Along the way she also started to absorb the lessons of influential contemporary-minded tenorists such as Mark Turner and Chris Potter. In 2013 she hit the headlines as the first female jazz instrumentalist to win the esteemed Thelonious Monk competition. Acknowledging it opened doors for her, she says she nevertheless felt determined to move forward only in the service of her artistic development, and that meant continuing with the trio format for the prize record deal with Concord.
“Playing trio for me meant you had to really grow up,” she says. “Becoming strong with harmony and having a deeper understanding of how a saxophonist works with a rhythm section. So I forced myself even though it maybe wasn’t the right or commercial thing to do when I won the Monk competition.”
For Visions she makes the switch from trio to a quintet that features the superb Ambrose Akinmusire sideman Sam Harris on piano. (“I felt I was ready to add some harmony and was hearing it in my head for a while. But I always believe it’s important to challenge yourself in order to grow. I like to feel uncomfortable when I play.”)

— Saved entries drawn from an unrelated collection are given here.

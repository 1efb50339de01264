//! The words of the command line, as they are given and as clap reads them, and the numbers among them.
#![tactic(auto)]

mod command;
mod forms;
mod given;
mod numerals;

pub use command::parse_words;
pub use forms::has_form;
pub use given::words_given;
pub use numerals::{seed_of, tasks_of};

Melissa Aldana (photo: Harrison Weinstein)
Which brings us to the new album’s recurrent if not overarching theme, one that had arisen from a multi-media performance inspired by Mexican artist Frida Kahlo that was commissioned by New York’s Jazz Gallery.

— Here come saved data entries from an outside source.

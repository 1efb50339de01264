//! The command, as clap has it.
ghost use Rattle.std.specs.{Prelude.{◌≡◌, ◌∷◌, [], IfOk, IsTrue, List, Some, map, fold, drop, false}, String.{string_bytes}, Borrow.{Bor}};
ghost use Rattle.clap.specs.{Words.{Text, app_of, subcommand_rows_of}, declared.builder.command.Command.TheViews.{out-Command as fields_of}};
ghost use Rattle.command_words.specs.{Command.{verb_app, with_verb, bare_app, the_app, words_row}, Forms.{is_form, verb_of}};

use crate::forms::{Form, forms};
use clap::{Arg, ArgMatches, Command};
use osek_values::Memory;
use std::alloc::{AllocError, Global};

/// The subcommand of a form: its verb, with one argument that takes all the words behind it.
fn verb<'a>(alloc: Global, form: Form) -> Result<Command<'a>, AllocError>
    ensures app { IfOk result (λ c. app_of c ≡ verb_app (verb_of form)) }
    ensures globals { IfOk result (λ c. (fields_of c).has_globals ≡ false) }
{
    let words = Arg::new(alloc, "words")
        .value_names(form.words)
        .required(true);
    Command::new(alloc, form.verb).arg(words)
}

/// The same command with one verb more.
fn add_verb<'a>(alloc: Global, command: Command<'a>, form: Form) -> Result<Command<'a>, AllocError>
    ensures { IfOk result (λ c. app_of c ≡ with_verb (app_of command.entry) (verb_of form)) }
{
    let verb = verb(alloc, form)?;
    command.subcommand(verb)
}

/// The same command with the verbs of the forms.
fn add_verbs<'a>(
    alloc: Global,
    command: Command<'a>,
    forms: &[Form],
) -> Result<Command<'a>, AllocError>
    ensures { IfOk result (λ c. app_of c ≡ fold with_verb (app_of command.entry) (map verb_of forms.now)) }
{
    let mut command = command;
    for form in forms {
        command = add_verb(alloc, command, *form)?;
    }
    Ok(command)
}

fn bare_command<'a>(alloc: Global) -> Command<'a>
    ensures { app_of result ≡ bare_app }
{
    Command::new(alloc, "osekfit")
        .disable_help_flag(true)
        .disable_help_subcommand(true)
        .subcommand_required(true)
}

fn whole_command<'a>(alloc: Global) -> Result<Command<'a>, AllocError>
    ensures { IfOk result (λ c. app_of c ≡ the_app) }
{
    add_verbs(alloc, bare_command(alloc), forms())
}

/// The words that clap has found behind the verb.
fn found_words<'a>(alloc: Global, matches: &ArgMatches<'a>) -> Result<Vec<&'a str>, Memory>
    ensures { IfOk result (λ v. (name : Text) (words : List Text) → subcommand_rows_of matches.now ≡ Some (name, words_row words ∷ []) → map (λ (w : Bor Text). w.now) v.items ≡ words) }
{
    let Some((_, found)) = matches.subcommand() else {
        return Err(Memory);
    };
    match found.get_strs("words") {
        Some(words) => Ok(Vec::from_slice(alloc, words)?),
        None => Err(Memory),
    }
}

/// The words behind the verb, as clap reads them. A refused parse of words that are of a form is want of memory.
pub fn parse_words<'a>(alloc: Global, words: &'a [String]) -> Result<Vec<&'a str>, Memory>
    requires form { IsTrue (is_form (map string_bytes words.now)) }
    ensures { IfOk result (λ v. map (λ (w : Bor Text). w.now) v.items ≡ drop 2 (map string_bytes words.now)) }
{
    let command = whole_command(alloc)?;
    let Ok(matches) = command.try_get_matches_from(words) else {
        return Err(Memory);
    };
    found_words(alloc, &matches)
}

“I chose Frida not because she’s a woman or Latin American, but because she’s so badass,” she says. “I’ve always been amazed by her work. She’s an icon in South America and I used to do a lot of painting when I was younger, imitating her a lot. I always wanted to do something related to visual arts and see how it inspires the way that I write. Frida had an accident as a kid and when she was about to die she sees a tunnel and sees a light and, at the end, she sees this ghost she named ‘La Madrina’ [the third track on the album] that offers her eternity to die and be peaceful or have to face everything that’s going to happen during her life. Frida decided to stay alive despite the fact that she will go through all the suffering and, as years went by, she had a lot of health issues and was about to die many times. So the tune mostly talks about how we shape our destiny. It has a lot of different layers and counterpoints that represent different things that happen in life. The album is mostly inspired by this process of acceptance.”